This ticket serves as the main placeholder for the functionality for looking up entity terms from elastic search rather than SQL.
@Addshore wrote this shortly before going on vacation, and this ticket likely needs a bit more love.
Why
There are many use cases that require an entities terms or multiple entities terms (labels descriptions and aliases) to be known.
These are currently looked up from the wb_terms table, rather than loading the whole entity JSON.
Currently in SQL these lockups are batched by # of entities, with batch sizes of 9
https://github.com/wikimedia/mediawiki-extensions-Wikibase/blob/128707d2aaa9ba2fadd384af6d7033c43070e69a/lib/includes/Store/Sql/TermSqlIndex.php#L611-L613
Elasticsearch allows faster lookups for complex cases compared to SQL, when many languages are requested (for fallback) or hundreds of entities are requested (large lookups).

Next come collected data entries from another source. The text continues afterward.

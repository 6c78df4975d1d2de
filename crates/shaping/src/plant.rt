// The tree of a block's parts, planted.
ghost use Rattle.std.specs.Prelude.{◌≤◌, length};
ghost use Rattle.model.specs.Block.{Block};
ghost use Rattle.planting.specs.Copy.{max_nodes};
ghost use Rattle.shaping.specs.PlantedBlock.{Given, WiresLong, PlantedOrNot};

use ordering::wires::Wires;
use planting::tree::Tree;
use planting::{plant, plant_lone};
use reduction::Reduction;
use slots::NotSeriesParallel;

// The tree of a block of n gates, planted: answers its number of nodes, the last of which is the top. Nodes beyond are as before, and so is the whole tree where the block is not series-parallel.
// Public for the crates above only: they have shown that the wires are those of a sound network.
pub fn plant_block(n: usize, wires: Wires, tree: &mut Tree) -> Result<usize, NotSeriesParallel>
    requires given { (B : Block) × Given B n wires.count wires.sources.now wires.targets.now wires.delays.now }
    requires wires_long { WiresLong wires.count wires.sources.now wires.targets.now wires.delays.now }
    requires nodes_long { max_nodes ≤ length tree.old.nodes }
    ensures planted { (B : Block) → Given B n wires.entry.count wires.entry.sources.now wires.entry.targets.now wires.entry.delays.now → PlantedOrNot B result tree.old tree.new }
{
    let mut reduction = Reduction::EMPTY;
    match reduction.reduce_network(n, wires)? {
        None => Ok(plant_lone(0, tree)),
        Some(root) => Ok(plant(
            root,
            0,
            (n - 1) as u32,
            &reduction.nodes.kind,
            &reduction.nodes.left,
            &reduction.nodes.gate,
            &reduction.nodes.right,
            tree,
        )),
    }
}
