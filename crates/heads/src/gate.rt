// The head of a gate by its steps, and ticks for a gate.
ghost use Rattle.std.specs.Prelude.{◌≡◌, ℕ, ◌+◌, ◌^◌, ◌≤◌, ◌<◌, get_or, length};
ghost use Rattle.model.specs.Limits.{max_drop};
ghost use Rattle.ties.specs.Code.{ranks, head_of};
ghost use Rattle.blockwords.specs.BlockWords.{gates_held};
ghost use Rattle.heads.specs.Plan.{most_input, heads_of, step_head, StepsHeld};
ghost use Rattle.heads.specs.Stored.{GateRoom};
ghost use Rattle.heads.specs.GateHeads.{GateAdded, GatesUnslowed};

use crate::store::Heads;
use blockwords::{BlockWords, gate_count, input_of, step_count, step_drop, step_width};
use ties::{Head, keyed, none, rank};

// The head of a tick with this drop and input activity, `width` ticks before the end of its step.
fn tick_head(width: u32, drop: u32, input: u32, rank: u32) -> Head
    requires { (drop ≤ max_drop) × (input ≤ most_input) × (rank < ranks) }
    ensures { head_of result ≡ step_head rank input width drop }
{
    let gain = (drop as u64) * (input as u64);
    if gain == 0 {
        return none();
    }
    keyed(width as u64, gain, rank as u64)
}

// The head of gate g with the increase k.
pub fn gate_head(g: u32, k: u32, block: &BlockWords) -> Head
    requires { (g < gates_held block.now) × StepsHeld block.now }
    ensures { head_of result ≡ heads_of block.now g k }
{
    let mut left = k;
    for j in 0..step_count(block, g) {
        let width = step_width(block, g, j);
        if left < width {
            return tick_head(
                width - left,
                step_drop(block, g, j),
                input_of(block, g),
                rank(gate_count(block), g),
            );
        }
        left -= width;
    }
    none()
}

// Gives w ticks to gate g, and renews its head.
pub fn gate_give_out(g: u32, w: u32, block: &BlockWords, increases: &mut [u32], heads: &mut Heads)
    requires { (g < gates_held block.now) × StepsHeld block.now × (g < length increases.old) × (get_or increases.old g 0 + w < 2 ^ 32) × GateRoom heads.old g }
    ensures { GateAdded (heads_of block.now) increases.old increases.new heads.old heads.new g w }
{
    let at = g as usize;
    let more = increases[at] + w;
    increases[at] = more;
    heads.put_gate(at, gate_head(g, more, block));
}

// Puts the increases of the gates to 0, and stores the heads that the gates then have.
pub fn unslowed_heads(block: &BlockWords, increases: &mut [u32], heads: &mut Heads)
    requires steps_held { StepsHeld block.now }
    requires block_in_bounds { gates_held block.now ≤ length increases.old }
    requires heads_there { (g : ℕ) → g < gates_held block.now → GateRoom heads.old g }
    ensures { GatesUnslowed (heads_of block.now) (gates_held block.now) increases.new heads.old heads.new }
{
    for g in 0..gate_count(block) {
        let at = g as usize;
        increases[at] = 0;
        heads.put_gate(at, gate_head(g, 0, block));
    }
}
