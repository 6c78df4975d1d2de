// Heads of gates and nodes: the head of a gate by its steps, the head of a node by those below it, and the way down to the item that gets a tick. Public for the crates above only.
#![tactic(auto)]

pub mod below;
pub mod gate;
pub mod store;
pub mod way;
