// What a well-formed file's block is to the reduction and to the theorem, and its tree planted.
#![tactic(auto)]

pub mod plant;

The ongoing modifying the terms storage in SQL will also likely make the current performance for these lookups decrease slightly.
Rate
Tracking was added to see how many of these bulk lookups occur
https://github.com/wikimedia/mediawiki-extensions-Wikibase/blob/128707d2aaa9ba2fadd384af6d7033c43070e69a/lib/includes/Store/Sql/TermSqlIndex.php#L616-L618
The data can be seen on https://grafana.wikimedia.org/d/000000548/wikibase-wb_terms?refresh=30s&orgId=1
This indicates anywhere between 150k and 350k bulk lookup requests per minute.
How
Elastic search uses the pageid as the document ID for storage, Wikibase can do a single sql lookup from entity ID -> page id to allow for efficient document fetching in elastic search rather than a search using an entity id as a search term.
According to Discovery-ARCHIVED this could also mean that a large increase in hit rate for these lookups to elastic search would be fine due to the document id / page id dictating where the record is (needs testing)

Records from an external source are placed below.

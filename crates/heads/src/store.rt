// The heads of gates and of nodes, stored.
ghost use Rattle.std.specs.Prelude.{◌≡◌};
ghost use Rattle.ties.specs.Code.{head_of};
ghost use Rattle.heads.specs.Stored.{GateRoom, NodeRoom, NodeWritten, GateWritten, gate_heads, node_heads, head_at};

use model::limits::MAX_GATES;
use planting::MAX_NODES;
use ties::{Head, gain_in};

// A head for each gate and for each node.
#[derive(Clone, Copy)]
pub struct Heads {
    pub gates: [Head; MAX_GATES],
    pub nodes: [Head; MAX_NODES],
}

impl Heads {
    // Heads that say that there are none: a key of 0 has no gain.
    pub const EMPTY: Heads = Heads {
        gates: [Head { key: 0, width: 0 }; MAX_GATES],
        nodes: [Head { key: 0, width: 0 }; MAX_NODES],
    };

    // The head of gate g.
    pub fn gate(&self, g: usize) -> Head
        requires { GateRoom self.now g }
        ensures { head_of result ≡ head_at (gate_heads self.now) g }
    {
        self.gates[g]
    }

    // The head of node i.
    pub fn node(&self, i: usize) -> Head
        requires { NodeRoom self.now i }
        ensures { head_of result ≡ head_at (node_heads self.now) i }
    {
        self.nodes[i]
    }

    // Stores the head of gate g.
    pub fn put_gate(&mut self, g: usize, a: Head)
        requires { GateRoom self.old g }
        ensures { GateWritten self.old self.new g (head_of a) }
    {
        self.gates[g] = a;
    }

    // Stores the head of node i.
    pub fn put_node(&mut self, i: usize, a: Head)
        requires { NodeRoom self.old i }
        ensures { NodeWritten self.old self.new i (head_of a) }
    {
        self.nodes[i] = a;
    }

    // The gain of node i's head.
    pub fn node_gain(&self, i: usize) -> u64
        requires { NodeRoom self.now i }
        ensures { result ≡ (head_at (node_heads self.now) i).gain }
    {
        gain_in(self.node(i).key)
    }
}
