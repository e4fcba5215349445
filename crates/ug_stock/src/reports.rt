ghost use Rattle.std.specs.Prelude.{◌≡◌, ◌++◌, ℕ, All, IfOk, OnOk, IfSome, IsNone, MatchBool};
ghost use Rattle.ug_rules.specs.Deciding.{HasReported};
ghost use Rattle.ug_rules.specs.Ranks.{racer_at, racers_in};
ghost use Rattle.ug_stock.specs.Races.{IsWonAmong};

use crate::choosing::winner;
use std::alloc::{AllocError, Global};
use ug_ranks::{Ranks, State};
use ug_rules::Contender;

/// The racers with their last reports, rising in rank.
pub fn racers_of(alloc: Global, ranks: &Ranks) -> Result<Vec<Contender>, AllocError>
    ensures { IfOk result (λ racers. racers.items ≡ racers_in ranks.now) }
{
    let mut racers = Vec::new(alloc);
    for rank in 0..ranks.as_slice().len() as u32 {
        add_racer(&mut racers, rank, ranks.state(rank))?;
    }
    Ok(racers)
}

// The rank is one of the racers, if it races.
fn add_racer(racers: &mut Vec<Contender>, rank: u32, state: &State) -> Result<(), AllocError>
    ensures { OnOk result (racers.new.items ≡ racers.old.items ++ racer_at rank state.now) }
{
    if let State::Racing(racer) = state {
        racers.push(Contender {
            rank,
            open: racer.open,
            floor: racer.floor,
        })?;
    }
    Ok(())
}

/// The rank that wins, where each racer has reported and one of them has enough open nodes.
#[tactic(auto, using(crate::proofs::Won::not_won))]
pub fn winner_of(racers: &[Contender], enough: u64) -> Option<u32>
    ensures none { IsNone result → (rank : ℕ) → IsWonAmong enough racers.now rank → ⊥ }
    ensures some { IfSome result (IsWonAmong enough racers.now) }
{
    if !have_reported(racers) {
        return None;
    }
    winner(racers, enough)
}

fn have_reported(racers: &[Contender]) -> bool
    ensures { MatchBool result
        (All HasReported racers.now)
        (All HasReported racers.now → ⊥) }
{
    racers.iter().all(|racer| racer.open != 0)
}
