ghost use Rattle.std.specs.Prelude.{◌≡◌, ◌+◌, IsTrue, length, nat_eq};
ghost use Rattle.ug_rules.specs.State.{nodes_of, raced_node};
ghost use Rattle.ug_stock.specs.Counting.{AreCounted};
ghost use Rattle.ug_stock.specs.Turns.{HasTurn};

use crate::counting::{Counts, count};
use crate::frontier::Frontier;
use crate::terms::Terms;
use ug_pool::{Entry, OpenNodes, Pool};

/// What may be assigned.
#[derive(Clone, Copy)]
pub enum Turn {
    /// The one node held, to all ranks.
    Race,
    /// Nothing, while a rank is absent that is to race.
    Wait,
    /// Nodes of the pool, to idle ranks.
    Nodes,
}

impl Frontier {
    /// Returns what may be assigned now.
    pub fn turn(&self, terms: Terms) -> Turn
        ensures turn { HasTurn terms self.now result }
        ensures first { result ≡ Turn.Race → self.now.last ≡ 0 }
    {
        // The ranks are counted at the begin of a run alone.
        if !terms.racing || self.last > 0 {
            return Turn::Nodes;
        }
        self.first_turn(terms, count(&self.ranks))
    }

    // Returns what may be assigned before the first ticket, if the ranks are to race.
    fn first_turn(&self, terms: Terms, counts: Counts) -> Turn
        requires racing { IsTrue terms.racing }
        requires first { self.now.last ≡ 0 }
        requires counts { AreCounted self.now.ranks counts }
        ensures { HasTurn terms self.now result }
    {
        if !is_one_held(&self.pool, &self.raced, counts.working) {
            return Turn::Nodes;
        }
        if counts.absent > 0 {
            return Turn::Wait;
        }
        if counts.idle > 1 {
            return Turn::Race;
        }
        Turn::Nodes
    }
}

// Is exactly one node held, with `working` active ranks?
fn is_one_held(pool: &Pool, raced: &Option<Entry>, working: usize) -> bool
    ensures { result
        ≡ nat_eq (length pool.now.entries + working + length (raced_node raced.now)) 1 }
{
    let raced = usize::from(raced.is_some());
    pool.len().saturating_add(working).saturating_add(raced) == 1
}
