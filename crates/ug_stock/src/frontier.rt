use crate::queue::Queue;
use ug_pool::{Entry, Pool};
use ug_ranks::Ranks;

/// The part of a book that events and decisions change, except the incumbent and the counts: pool,
/// ranks, race and queue.
#[derive(Drop)]
pub struct Frontier {
    /// The open nodes, in order of floor, then name.
    pub pool: Pool,
    /// The state of each rank.
    pub ranks: Ranks,
    /// The raced node with its floor, during a race.
    pub raced: Option<Entry>,
    /// The last ticket number used.
    pub last: u64,
    /// The queued orders.
    pub orders: Queue,
    /// The cutoff announced last.
    pub announced: Option<i128>,
}
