ghost use Rattle.std.specs.Prelude.{◌≡◌, ◌<◌, ◌≤◌, ◌^◌, length, OnErr, OnOk};
ghost use Rattle.ug_ranks.specs.States.{state_at};
ghost use Rattle.ug_ranks.specs.declared.state.State.TheVariants.{Idle};
ghost use Rattle.ug_ranks.specs.Looks.{is_idle};
ghost use Rattle.ug_rules.specs.Ranks.{ranks_that};
ghost use Rattle.ug_stock.specs.Racing.{HasBegun, HasTakenPart, HaveTakenPart};
ghost use Rattle.ug_stock.specs.Frontiers.{HasRoom};

use crate::counting::count;
use crate::firsts::{copies, take_first};
use crate::frontier::Frontier;
use crate::telling::{race_order, racer_params};
use crate::terms::Terms;
use std::alloc::{AllocError, Global};
use ug_nodes::Changes;

impl Frontier {
    /// The race for the pool's first node begins: all memory for it is taken first, so that it
    /// begins whole. After an error nothing has changed.
    pub fn begin_race(&mut self, alloc: Global, terms: Terms) -> Result<(), AllocError>
        requires first { self.old.last ≡ 0 }
        requires room { HasRoom self.old }
        ensures ok { OnOk result (HasBegun terms self.old self.new) }
        ensures err { OnErr result (self.new ≡ self.old) }
        ensures room { HasRoom self.new }
    {
        let Some(first) = self.pool.first() else {
            return Ok(());
        };
        let counts = count(&self.ranks);
        let boxes = copies(alloc, &first.node.changes, counts.idle)?;
        self.orders.reserve(counts.idle + counts.working)?;
        if let Some(entry) = take_first(&mut self.pool) {
            self.raced = Some(entry);
            self.race_all(terms, boxes);
        }
        Ok(())
    }

    // Each idle rank takes part in the race, the lowest first, with one of these boxes.
    fn race_all(&mut self, terms: Terms, boxes: Vec<Changes>)
        requires first { self.old.last ≡ 0 }
        requires boxes { length boxes.items ≡ length (ranks_that is_idle self.old.ranks) }
        requires room { length (ranks_that is_idle self.old.ranks) ≤ self.old.orders.spare }
        ensures part { HaveTakenPart terms boxes.items self.old self.new }
    {
        let mut boxes = boxes;
        for rank in 0..self.ranks.as_slice().len() as u32 {
            if !self.ranks.state(rank).is_idle() {
                continue;
            }
            let Some(changes) = boxes.pop() else {
                continue;
            };
            self.race_one(terms, rank, changes);
        }
    }

    // An idle rank takes part in a race for a node of these changes, under the next ticket.
    fn race_one(&mut self, terms: Terms, rank: u32, changes: Changes)
        requires there { rank < length self.old.ranks }
        requires idle { state_at self.old.ranks rank ≡ Idle }
        requires number { self.old.last < 2 ^ 32 }
        requires room { 0 < self.old.orders.spare }
        ensures part { HasTakenPart terms rank changes self.old self.new }
    {
        self.last += 1;
        self.orders
            .push(race_order(terms, rank, self.last, changes));
        let ticket = terms.ticket(self.last);
        self.ranks.race(rank, ticket, racer_params(rank));
    }
}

Examples of lookup by entity id and by page id can be seen in P8373
Dealing with stale data
Elastic search can be out of date due to maintenance or slow running jobs.
Our lookup needs to be up to date.
A fallback and check may be needed
- Lookup in ES, and get the revid?
- For entities that have newer revisions fallback to sql storage and perform the lookup there
Possible rollout
It would make the most sense to start with the larger more complex queries, such as lookups that require over 5 languages, or over 10 entities.